Si dà il caso che poco prima di queste dichiarazioni Gianni Alemanno, nel corso dell'intervista ad una tv locale, citasse la funzione salvifica della mega discarica di Malagrotta negli anni 80, sostenendo che il sito migliore per la nuova discarica deve essere individuato dalla Provincia.

Dopo le dichiarazioni di Giarda è cominciato il consueto e paralizzante balletto delle responsabilità con l’assessore provinciale Michele Civita che invitava Alemanno a non “buttarla in caciara” sotto elezioni e sostenendo che la Provincia ha fatto la propria parte “individuando le zone idonee nell’intero territorio provinciale per la localizzazione delle discariche” con evidente riferimento alla proposta dei Pian dell’Olmo. Civita ha poi tirato in ballo la sotto-utilizzazione degli impianti di trattamento, i ritardi nella raccolta differenziata a Roma città citando invece l’esempio virtuoso dei comuni della provincia che al 65% la raccolta differenziata la praticano di già.

Insomma, le solite polemiche se non fosse che anche la Regione dei dimissionari ha voluto dire la sua: intanto accusando Giarda di avere «informazioni incomplete o errate» sull’operato dell’Amministrazione regionale che già con il commissariamento del prefetto Pecoraro ha messo a disposizione mezzi, uomini e risorse a supporto del Commissario. E ci mancherebbe altro. Poi, tanto per divagare, ha accusato Ama e Colari di non aver ancora presentato le domande per avviare le procedure di autorizzazione degli impianti di trattamento.
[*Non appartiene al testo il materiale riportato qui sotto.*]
pub static ROWS: [Row; 17] = [
    Row {
        name: "a square",
        subject: &[SQUARE],
        clip: &[],
        answers: &[
            (EVEN_ODD, AROUND, ONE_SQUARE),
            (UNION, AROUND, ONE_SQUARE),
            (POSITIVE, AROUND, ONE_SQUARE),
            (NEGATIVE, &[], &[]),
        ],
    },
    Row {
        name: "a square run the other way",
        subject: &[SQUARE_BACK],
        clip: &[],
        answers: &[
            (EVEN_ODD, AROUND, ONE_SQUARE),
            (UNION, AROUND, ONE_SQUARE),
            (POSITIVE, &[], &[]),
            (NEGATIVE, AROUND, ONE_SQUARE),
        ],
    },
    Row {
        name: "a square in a square",
        subject: &[
            &[[0, 0], [6, 0], [6, 6], [0, 6]],
            &[[2, 2], [4, 2], [4, 4], [2, 4]],
        ],
        clip: &[],
        answers: &[
            (
                EVEN_ODD,
                &[
                    [0, 0, 6, 0],
                    [6, 0, 6, 6],
                    [6, 6, 0, 6],
                    [0, 6, 0, 0],
                    [4, 2, 2, 2],
                    [2, 2, 2, 4],
                    [2, 4, 4, 4],
                    [4, 4, 4, 2],
                ],
                &[&[
                    &[[0, 0], [6, 0], [6, 6], [0, 6]],
                    &[[2, 2], [2, 4], [4, 4], [4, 2]],
                ]],
            ),
            (
                UNION,
                &[[0, 0, 6, 0], [6, 0, 6, 6], [6, 6, 0, 6], [0, 6, 0, 0]],
                &[&[&[[0, 0], [6, 0], [6, 6], [0, 6]]]],
            ),
            (
                POSITIVE,
                &[[0, 0, 6, 0], [6, 0, 6, 6], [6, 6, 0, 6], [0, 6, 0, 0]],
                &[&[&[[0, 0], [6, 0], [6, 6], [0, 6]]]],
            ),
        ],
    },
    Row {
        name: "a square in a square run the other way",
        subject: &[
            &[[0, 0], [6, 0], [6, 6], [0, 6]],
            &[[2, 2], [2, 4], [4, 4], [4, 2]],
        ],
        clip: &[],
        answers: &[
            (
                UNION,
                &[
                    [0, 0, 6, 0],
                    [6, 0, 6, 6],
                    [6, 6, 0, 6],
                    [0, 6, 0, 0],
                    [4, 2, 2, 2],
                    [2, 2, 2, 4],
                    [2, 4, 4, 4],
                    [4, 4, 4, 2],
                ],
                &[&[
                    &[[0, 0], [6, 0], [6, 6], [0, 6]],
                    &[[2, 2], [2, 4], [4, 4], [4, 2]],
                ]],
            ),
            (
                POSITIVE,
                &[
                    [0, 0, 6, 0],
                    [6, 0, 6, 6],
                    [6, 6, 0, 6],
                    [0, 6, 0, 0],
                    [4, 2, 2, 2],
                    [2, 2, 2, 4],
                    [2, 4, 4, 4],
                    [4, 4, 4, 2],
                ],
                &[&[
                    &[[0, 0], [6, 0], [6, 6], [0, 6]],
                    &[[2, 2], [2, 4], [4, 4], [4, 2]],
                ]],
            ),
        ],
    },
    Row {
        name: "squares that share an edge",
        subject: &[SQUARE],
        clip: &[&[[2, 0], [4, 0], [4, 2], [2, 2]]],
        answers: &[
            (
                UNION,
                &[
                    [0, 0, 2, 0],
                    [2, 0, 4, 0],
                    [4, 0, 4, 2],
                    [4, 2, 2, 2],
                    [2, 2, 0, 2],
                    [0, 2, 0, 0],
                ],
                &[&[&[[0, 0], [4, 0], [4, 2], [0, 2]]]],
            ),
            (INTERSECTION, &[], &[]),
        ],
    },
    Row {
        name: "squares that share a part of an edge",
        subject: &[&[[0, 0], [2, 0], [2, 1], [2, 2], [0, 2]]],
        clip: &[&[[2, 1], [4, 1], [4, 3], [2, 3], [2, 2]]],
        answers: &[(
            UNION,
            &[
                [0, 0, 2, 0],
                [2, 0, 2, 1],
                [2, 1, 4, 1],
                [4, 1, 4, 3],
                [4, 3, 2, 3],
                [2, 3, 2, 2],
                [2, 2, 0, 2],
                [0, 2, 0, 0],
            ],
            &[&[&[
                [0, 0],
                [2, 0],
                [2, 1],
                [4, 1],
                [4, 3],
                [2, 3],
                [2, 2],
                [0, 2],
            ]]],
        )],
    },
    Row {
        name: "squares that touch at a corner",
        subject: &[&[[0, 0], [1, 0], [1, 1], [0, 1]]],
        clip: &[&[[1, 1], [2, 1], [2, 2], [1, 2]]],
        answers: &[(
            UNION,
            &[
                [0, 0, 1, 0],
                [1, 0, 1, 1],
                [1, 1, 0, 1],
                [0, 1, 0, 0],
                [1, 1, 2, 1],
                [2, 1, 2, 2],
                [2, 2, 1, 2],
                [1, 2, 1, 1],
            ],
            &[
                &[&[[0, 0], [1, 0], [1, 1], [0, 1]]],
                &[&[[1, 1], [2, 1], [2, 2], [1, 2]]],
            ],
        )],
    },
    Row {
        name: "squares that overlap",
        subject: &[&[[0, 0], [2, 0], [2, 1], [2, 2], [1, 2], [0, 2]]],
        clip: &[&[[1, 1], [2, 1], [3, 1], [3, 3], [1, 3], [1, 2]]],
        answers: &[
            (
                UNION,
                &[
                    [0, 0, 2, 0],
                    [2, 0, 2, 1],
                    [2, 1, 3, 1],
                    [3, 1, 3, 3],
                    [3, 3, 1, 3],
                    [1, 3, 1, 2],
                    [1, 2, 0, 2],
                    [0, 2, 0, 0],
                ],
                &[&[&[
                    [0, 0],
                    [2, 0],
                    [2, 1],
                    [3, 1],
                    [3, 3],
                    [1, 3],
                    [1, 2],
                    [0, 2],
                ]]],
            ),
            (
                INTERSECTION,
                &[[1, 1, 2, 1], [2, 1, 2, 2], [2, 2, 1, 2], [1, 2, 1, 1]],
                &[&[&[[1, 1], [2, 1], [2, 2], [1, 2]]]],
            ),
            (
                DIFFERENCE,
                &[
                    [0, 0, 2, 0],
                    [2, 0, 2, 1],
                    [2, 1, 1, 1],
                    [1, 1, 1, 2],
                    [1, 2, 0, 2],
                    [0, 2, 0, 0],
                ],
                &[&[&[[0, 0], [2, 0], [2, 1], [1, 1], [1, 2], [0, 2]]]],
            ),
            (
                XOR,
                &[
                    [0, 0, 2, 0],
                    [2, 0, 2, 1],
                    [2, 1, 1, 1],
                    [1, 1, 1, 2],
                    [1, 2, 0, 2],
                    [0, 2, 0, 0],
                    [2, 1, 3, 1],
                    [3, 1, 3, 3],
                    [3, 3, 1, 3],
                    [1, 3, 1, 2],
                    [1, 2, 2, 2],
                    [2, 2, 2, 1],
                ],
                &[
                    &[&[[0, 0], [2, 0], [2, 1], [1, 1], [1, 2], [0, 2]]],
                    &[&[[1, 2], [2, 2], [2, 1], [3, 1], [3, 3], [1, 3]]],
                ],
            ),
        ],
    },
    Row {
        name: "one square as both",
        subject: &[SQUARE],
        clip: &[SQUARE_BACK],
        answers: &[
            (UNION, AROUND, ONE_SQUARE),
            (INTERSECTION, AROUND, ONE_SQUARE),
            (DIFFERENCE, &[], &[]),
            (XOR, &[], &[]),
        ],
    },
    // Its left half is run counterclockwise, its right half isn't.
    Row {
        name: "a bow-tie",
        subject: &[&[[0, 0], [1, 1], [2, 2], [2, 0], [1, 1], [0, 2]]],
        clip: &[],
        answers: &[
            (
                EVEN_ODD,
                &[
                    [0, 0, 1, 1],
                    [1, 1, 0, 2],
                    [0, 2, 0, 0],
                    [1, 1, 2, 0],
                    [2, 0, 2, 2],
                    [2, 2, 1, 1],
                ],
                &[&[&[[0, 0], [1, 1], [0, 2]]], &[&[[1, 1], [2, 0], [2, 2]]]],
            ),
            (
                UNION,
                &[
                    [0, 0, 1, 1],
                    [1, 1, 0, 2],
                    [0, 2, 0, 0],
                    [1, 1, 2, 0],
                    [2, 0, 2, 2],
                    [2, 2, 1, 1],
                ],
                &[&[&[[0, 0], [1, 1], [0, 2]]], &[&[[1, 1], [2, 0], [2, 2]]]],
            ),
            (
                POSITIVE,
                &[[0, 0, 1, 1], [1, 1, 0, 2], [0, 2, 0, 0]],
                &[&[&[[0, 0], [1, 1], [0, 2]]]],
            ),
            (
                NEGATIVE,
                &[[1, 1, 2, 0], [2, 0, 2, 2], [2, 2, 1, 1]],
                &[&[&[[1, 1], [2, 0], [2, 2]]]],
            ),
        ],
    },
    Row {
        name: "no subject",
        subject: &[],
        clip: &[SQUARE],
        answers: &[
            (EVEN_ODD, AROUND, ONE_SQUARE),
            (EVEN_ODD_DIFFERENCE, &[], &[]),
        ],
    },
    Row {
        name: "no clip, what only the subject has",
        subject: &[SQUARE],
        clip: &[],
        answers: &[(EVEN_ODD_DIFFERENCE, AROUND, ONE_SQUARE)],
    },
    Row {
        name: "neither",
        subject: &[],
        clip: &[],
        answers: &[(EVEN_ODD_XOR, &[], &[])],
    },
    Row {
        name: "a point, and an edge there and back",
        subject: &[&[[5, 5]], &[[0, 0], [3, 1]]],
        clip: &[&[[0, 0], [3, 1]]],
        answers: &[(UNION, &[], &[])],
    },
    Row {
        name: "a ring run twice",
        subject: &[SQUARE, SQUARE],
        clip: &[],
        answers: &[
            (EVEN_ODD, &[], &[]),
            (UNION, AROUND, ONE_SQUARE),
            (POSITIVE, AROUND, ONE_SQUARE),
        ],
    },
    Row {
        name: "a hole that touches its outer ring",
        subject: &[
            &[[0, 0], [4, 0], [4, 2], [4, 4], [0, 4]],
            &[[4, 2], [2, 1], [2, 3]],
        ],
        clip: &[],
        answers: &[(
            UNION,
            &[
                [0, 0, 4, 0],
                [4, 0, 4, 2],
                [4, 2, 4, 4],
                [4, 4, 0, 4],
                [0, 4, 0, 0],
                [4, 2, 2, 1],
                [2, 1, 2, 3],
                [2, 3, 4, 2],
            ],
            &[&[&[[0, 0], [4, 0], [4, 4], [0, 4]], &[[4, 2], [2, 1], [2, 3]]]],
        )],
    },
    Row {
        name: "from corner to corner",
        subject: &[&[[LEAST, LEAST], [MOST, LEAST], [MOST, MOST]]],
        clip: &[&[[LEAST, LEAST], [MOST, MOST], [LEAST, MOST]]],
        answers: &[
            (
                UNION,
                &[
                    [LEAST, LEAST, MOST, LEAST],
                    [MOST, LEAST, MOST, MOST],
                    [MOST, MOST, LEAST, MOST],
                    [LEAST, MOST, LEAST, LEAST],
                ],
                &[&[&[[LEAST, LEAST], [MOST, LEAST], [MOST, MOST], [LEAST, MOST]]]],
            ),
            (
                DIFFERENCE,
                &[
                    [LEAST, LEAST, MOST, LEAST],
                    [MOST, LEAST, MOST, MOST],
                    [MOST, MOST, LEAST, LEAST],
                ],
                &[&[&[[LEAST, LEAST], [MOST, LEAST], [MOST, MOST]]]],
            ),
        ],
    },
];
Sin qui acqua fresca perché il nocciolo del problema sta nel seguito del comunicato quando afferma che la Regione è in attesa «dei provvedimenti, in scadenza nei prossimi giorni, da parte della Provincia di Roma, che non ha ancora provveduto ad individuare le aree idonee ad ospitare gli impianti di smaltimento definitivi (ovvero le discariche ndr)».

E con quest'ultima affermazione riparte il gioco dell'oca che questa volta ha però un obiettivo preciso: la provincia di Zingaretti. Il che puzza molto di campagna elettorale senza esclusione di colpi, mentre a decidere sarà il governo.